* [Work task]: A verbatim copy of the data below is the required output.

* [Information shown]:
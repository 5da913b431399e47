// Tests of two values.
ghost use Rattle.std.specs.Prelude.{◌≡◌, ℕ, IfOk};
ghost use Rattle.formula.specs.Pool.{Grows, IsIn, tree_of};
ghost use Rattle.fort_syntax.specs.declared.unit.Unit.{Unit as Routine};
ghost use Rattle.fort_model.specs.Conditions.{sight};
ghost use Rattle.fort_model.specs.Program.{Program};
ghost use Rattle.fort_model.specs.Senses.{of_terms};
ghost use Rattle.walk_operators.specs.Operators.{tested};

use edge_io::NoMemory;
use formula::{TermId, TermPool};
use fort_syntax::RelOp;
use walk_terms::{both, choice, relation};

/// A test of two values, which comes to a truth value: a relation, `.AND.` or `.OR.`
#[derive(Clone, Copy, Debug)]
pub enum Test {
    Relation(RelOp),
    And,
    Or,
}

/// The truth value of a test.
pub(crate) fn tested(
    pool: &mut TermPool,
    test: Test,
    a: TermId,
    b: TermId,
) -> Result<TermId, NoMemory>
    requires a { IsIn pool.old a }
    requires b { IsIn pool.old b }
    ensures grows { Grows pool.old pool.new }
    ensures is_in { IfOk result (λ id. IsIn pool.new id) }
    ensures tree { IfOk result (λ id. (p : Program) (i : ℕ) (u : Routine)
        → tree_of pool.new id ≡ tested (sight of_terms p i u) test (tree_of pool.old a)
        (tree_of pool.old b)) }
{
    match test {
        Test::Relation(op) => relation(pool, op, a, b),
        Test::And => both(pool, a, b),
        Test::Or => choice(pool, a, b),
    }
}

* [Result of the task]:
repository 5da913b431399e47
// Tests of two values.
ghost use Rattle.std.specs.Prelude.{◌≡◌, ℕ, IfOk};
ghost use Rattle.formula.specs.Pool.{Grows, IsIn, tree_of};
ghost use Rattle.fort_syntax.specs.declared.unit.Unit.{Unit as Routine};
ghost use Rattle.fort_model.specs.Conditions.{sight};
ghost use Rattle.fort_model.specs.Program.{Program};
ghost use Rattle.fort_model.specs.Senses.{of_terms};
ghost use Rattle.walk_operators.specs.Operators.{tested};

use edge_io::NoMemory;
use formula::{TermId, TermPool};
use fort_syntax::RelOp;
use walk_terms::{both, choice, relation};

/// A test of two values, which comes to a truth value: a relation, `.AND.` or `.OR.`
#[derive(Clone, Copy, Debug)]
pub enum Test {
    Relation(RelOp),
    And,
    Or,
}

/// The truth value of a test.
pub(crate) fn tested(
    pool: &mut TermPool,
    test: Test,
    a: TermId,
    b: TermId,
) -> Result<TermId, NoMemory>
    requires a { IsIn pool.old a }
    requires b { IsIn pool.old b }
    ensures grows { Grows pool.old pool.new }
    ensures is_in { IfOk result (λ id. IsIn pool.new id) }
    ensures tree { IfOk result (λ id. (p : Program) (i : ℕ) (u : Routine)
        → tree_of pool.new id ≡ tested (sight of_terms p i u) test (tree_of pool.old a)
        (tree_of pool.old b)) }
{
    match test {
        Test::Relation(op) => relation(pool, op, a, b),
        Test::And => both(pool, a, b),
        Test::Or => choice(pool, a, b),
    }
}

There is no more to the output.